[Collected data]
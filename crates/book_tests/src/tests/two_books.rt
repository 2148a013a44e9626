//! The book and a plain list are asked the same, by chance: they tell the same, and the book reads no more than it says.
ghost use Rattle.std.specs.Prelude.{◌≡◌, ◌+◌, IfOk, OnOk};
ghost use Rattle.venue_model.specs.Step.{empty};
ghost use Rattle.book.specs.Standing.{Below};

use crate::tests::asking::{ask, limits, room_for_told};
use crate::tests::by_chance::{Chance, FILLED};
use crate::tests::plain_book::PlainBook;
use crate::tests::tally::Tally;
use book::Book;
use fix_orders::body_of;
use std::alloc::Global;
use std::test::Fail;
use venue_model::{Command, ExecType, LONGEST_MESSAGE, MOST_RESTING, Output, Report, Symbol};

/// How many commands follow once the book is full.
const MIXED: u64 = 10_000;

/// What stands beside the book: the plain list, what both have told last, and how much of each kind.
#[derive(Drop)]
struct Beside {
    plain: PlainBook,
    out: Vec<Output>,
    plainly: Vec<Output>,
    tally: Tally,
}

impl Beside {
    /// The empty list of a venue with these symbols, and nothing told yet.
    fn new(alloc: Global, symbols: &[Symbol]) -> Result<Beside, Fail> {
        let plain = PlainBook::new(alloc, symbols)?;
        let out = room_for_told(alloc)?;
        let plainly = room_for_told(alloc)?;
        Ok(Beside {
            plain,
            out,
            plainly,
            tally: Tally::new(),
        })
    }

    /// Asks the book and the list the same, and compares what they tell. For a new order the book reads no more orders
    /// than it fills, and one.
    fn ask(
        &mut self,
        book: &mut Book,
        sequence: u64,
        client: u8,
        command: &Command,
    ) -> Result<(), Fail>
        requires { Below sequence book.old.state.orders }
        ensures { OnOk result (Below (sequence + 1) book.new.state.orders) }
    {
        ask(book, sequence, client, command, &mut self.out)?;
        self.ask_plainly(sequence, client, command)?;
        let most = fills(&self.out, sequence).wrapping_add(1);
        if matches!(command, Command::New { .. }) && book.reads() > most {
            return Err(Fail::from("the book read more than it filled"));
        }
        Ok(())
    }

    fn ask_plainly(&mut self, sequence: u64, client: u8, command: &Command) -> Result<(), Fail> {
        self.plainly.clear();
        self.plain
            .apply(sequence, client, command, &mut self.plainly)?;
        if !are_same(&self.out, &self.plainly) {
            return Err(Fail::from("the books differ"));
        }
        self.tally.count(&self.plainly);
        Ok(())
    }

    /// Whether as many orders rest in the book as in the list, but fewer than can, and each kind was told thirty times.
    fn is_at_the_end(&self, book: &Book) -> bool {
        book.resting() == self.plain.orders.len()
            && book.resting() < MOST_RESTING
            && self.tally.least() >= 30
    }
}

/// Whether two lists of outputs are the same, in all that clients are told.
pub fn are_same(some: &[Output], others: &[Output]) -> bool {
    some.len() == others.len()
        && some
            .iter()
            .zip(others)
            .all(|(one, other)| is_same(one, other))
}

fn is_same(one: &Output, other: &Output) -> bool {
    goes_with(one, other) && bodies_are_same(one, other)
}

/// Whether both go to the same client, at the same time, and come of the same command.
fn goes_with(one: &Output, other: &Output) -> bool {
    one.to == other.to && one.cause == other.cause && one.sending_time == other.sending_time
}

fn bodies_are_same(one: &Output, other: &Output) -> bool {
    let mut buf = [0; LONGEST_MESSAGE];
    let end = body_of(one, 1, &mut buf);
    has_body(other, &buf[..end])
}

/// Whether an output's body has these bytes.
fn has_body(output: &Output, body: &[u8]) -> bool {
    let mut buf = [0; LONGEST_MESSAGE];
    let end = body_of(output, 1, &mut buf);
    &buf[..end] == body
}

/// How many of the outputs tell of a fill of a resting order.
fn fills(out: &[Output], sequence: u64) -> u64 {
    let mut count = 0_u64;
    for output in out {
        if let Report::Exec(report) = output.report {
            let is_trade = matches!(report.exec_type, ExecType::Trade { .. });
            if is_trade && report.order.stamp != sequence {
                count = count.wrapping_add(1);
            }
        }
    }
    count
}

/// Asks both books until they are full, and ten thousand times more.
fn ask_many(book: &mut Book, beside: &mut Beside, chance: &mut Chance) -> Result<(), Fail>
    requires { Below 0 book.old.state.orders }
{
    for turn in 0..FILLED + MIXED {
        let (client, command) = chance.command(&beside.plain, turn);
        beside.ask(book, turn, client, &command)?;
    }
    Ok(())
}

/// Three symbols of a venue, and one that it doesn't trade.
fn symbols() -> Result<[Symbol; 4], Fail> {
    let one = Symbol::new(b"ABC").ok_or("no symbol")?;
    let two = Symbol::new(b"ABD").ok_or("no symbol")?;
    let three = Symbol::new(b"X1").ok_or("no symbol")?;
    let other = Symbol::new(b"AB").ok_or("no symbol")?;
    Ok([one, two, three, other])
}

/// The empty book of the venue that trades the first three.
fn book_of_three(alloc: Global) -> Result<Book, Fail>
    ensures { IfOk result (λ b. b.state ≡ empty) }
{
    let limits = limits(alloc, &["ABC", "ABD", "X1"])?;
    Ok(Book::new(alloc, &limits)?)
}

/// Asks the empty book and a list beside it. Answers whether as many orders rest in both then, but fewer than can, and
/// each kind of output was told thirty times.
fn told_the_same(alloc: Global, book: &mut Book) -> Result<bool, Fail>
    requires { Below 0 book.old.state.orders }
{
    let symbols = symbols()?;
    let mut beside = Beside::new(alloc, &symbols[..3])?;
    let mut chance = Chance::new(symbols);
    ask_many(book, &mut beside, &mut chance)?;
    Ok(beside.is_at_the_end(book))
}

#[test]
fn two_books(rt: HostRuntime) -> Result<(), Fail> {
    let mut book = book_of_three(rt.alloc())?;
    assert!(rt; told_the_same(rt.alloc(), &mut book)?);
    Ok(())
}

Problem description: All of the data above should be set down again exactly.

The completed task:
filename crates/book_tests/src/tests/two_books.rt
repository 2148a013a44e9626
//! The book and a plain list are asked the same, by chance: they tell the same, and the book reads no more than it says.
ghost use Rattle.std.specs.Prelude.{◌≡◌, ◌+◌, IfOk, OnOk};
ghost use Rattle.venue_model.specs.Step.{empty};
ghost use Rattle.book.specs.Standing.{Below};

use crate::tests::asking::{ask, limits, room_for_told};
use crate::tests::by_chance::{Chance, FILLED};
use crate::tests::plain_book::PlainBook;
use crate::tests::tally::Tally;
use book::Book;
use fix_orders::body_of;
use std::alloc::Global;
use std::test::Fail;
use venue_model::{Command, ExecType, LONGEST_MESSAGE, MOST_RESTING, Output, Report, Symbol};

/// How many commands follow once the book is full.
const MIXED: u64 = 10_000;

/// What stands beside the book: the plain list, what both have told last, and how much of each kind.
#[derive(Drop)]
struct Beside {
    plain: PlainBook,
    out: Vec<Output>,
    plainly: Vec<Output>,
    tally: Tally,
}

impl Beside {
    /// The empty list of a venue with these symbols, and nothing told yet.
    fn new(alloc: Global, symbols: &[Symbol]) -> Result<Beside, Fail> {
        let plain = PlainBook::new(alloc, symbols)?;
        let out = room_for_told(alloc)?;
        let plainly = room_for_told(alloc)?;
        Ok(Beside {
            plain,
            out,
            plainly,
            tally: Tally::new(),
        })
    }

    /// Asks the book and the list the same, and compares what they tell. For a new order the book reads no more orders
    /// than it fills, and one.
    fn ask(
        &mut self,
        book: &mut Book,
        sequence: u64,
        client: u8,
        command: &Command,
    ) -> Result<(), Fail>
        requires { Below sequence book.old.state.orders }
        ensures { OnOk result (Below (sequence + 1) book.new.state.orders) }
    {
        ask(book, sequence, client, command, &mut self.out)?;
        self.ask_plainly(sequence, client, command)?;
        let most = fills(&self.out, sequence).wrapping_add(1);
        if matches!(command, Command::New { .. }) && book.reads() > most {
            return Err(Fail::from("the book read more than it filled"));
        }
        Ok(())
    }

    fn ask_plainly(&mut self, sequence: u64, client: u8, command: &Command) -> Result<(), Fail> {
        self.plainly.clear();
        self.plain
            .apply(sequence, client, command, &mut self.plainly)?;
        if !are_same(&self.out, &self.plainly) {
            return Err(Fail::from("the books differ"));
        }
        self.tally.count(&self.plainly);
        Ok(())
    }

    /// Whether as many orders rest in the book as in the list, but fewer than can, and each kind was told thirty times.
    fn is_at_the_end(&self, book: &Book) -> bool {
        book.resting() == self.plain.orders.len()
            && book.resting() < MOST_RESTING
            && self.tally.least() >= 30
    }
}

/// Whether two lists of outputs are the same, in all that clients are told.
pub fn are_same(some: &[Output], others: &[Output]) -> bool {
    some.len() == others.len()
        && some
            .iter()
            .zip(others)
            .all(|(one, other)| is_same(one, other))
}

fn is_same(one: &Output, other: &Output) -> bool {
    goes_with(one, other) && bodies_are_same(one, other)
}

/// Whether both go to the same client, at the same time, and come of the same command.
fn goes_with(one: &Output, other: &Output) -> bool {
    one.to == other.to && one.cause == other.cause && one.sending_time == other.sending_time
}

fn bodies_are_same(one: &Output, other: &Output) -> bool {
    let mut buf = [0; LONGEST_MESSAGE];
    let end = body_of(one, 1, &mut buf);
    has_body(other, &buf[..end])
}

/// Whether an output's body has these bytes.
fn has_body(output: &Output, body: &[u8]) -> bool {
    let mut buf = [0; LONGEST_MESSAGE];
    let end = body_of(output, 1, &mut buf);
    &buf[..end] == body
}

/// How many of the outputs tell of a fill of a resting order.
fn fills(out: &[Output], sequence: u64) -> u64 {
    let mut count = 0_u64;
    for output in out {
        if let Report::Exec(report) = output.report {
            let is_trade = matches!(report.exec_type, ExecType::Trade { .. });
            if is_trade && report.order.stamp != sequence {
                count = count.wrapping_add(1);
            }
        }
    }
    count
}

/// Asks both books until they are full, and ten thousand times more.
fn ask_many(book: &mut Book, beside: &mut Beside, chance: &mut Chance) -> Result<(), Fail>
    requires { Below 0 book.old.state.orders }
{
    for turn in 0..FILLED + MIXED {
        let (client, command) = chance.command(&beside.plain, turn);
        beside.ask(book, turn, client, &command)?;
    }
    Ok(())
}

/// Three symbols of a venue, and one that it doesn't trade.
fn symbols() -> Result<[Symbol; 4], Fail> {
    let one = Symbol::new(b"ABC").ok_or("no symbol")?;
    let two = Symbol::new(b"ABD").ok_or("no symbol")?;
    let three = Symbol::new(b"X1").ok_or("no symbol")?;
    let other = Symbol::new(b"AB").ok_or("no symbol")?;
    Ok([one, two, three, other])
}

/// The empty book of the venue that trades the first three.
fn book_of_three(alloc: Global) -> Result<Book, Fail>
    ensures { IfOk result (λ b. b.state ≡ empty) }
{
    let limits = limits(alloc, &["ABC", "ABD", "X1"])?;
    Ok(Book::new(alloc, &limits)?)
}

/// Asks the empty book and a list beside it. Answers whether as many orders rest in both then, but fewer than can, and
/// each kind of output was told thirty times.
fn told_the_same(alloc: Global, book: &mut Book) -> Result<bool, Fail>
    requires { Below 0 book.old.state.orders }
{
    let symbols = symbols()?;
    let mut beside = Beside::new(alloc, &symbols[..3])?;
    let mut chance = Chance::new(symbols);
    ask_many(book, &mut beside, &mut chance)?;
    Ok(beside.is_at_the_end(book))
}

#[test]
fn two_books(rt: HostRuntime) -> Result<(), Fail> {
    let mut book = book_of_three(rt.alloc())?;
    assert!(rt; told_the_same(rt.alloc(), &mut book)?);
    Ok(())
}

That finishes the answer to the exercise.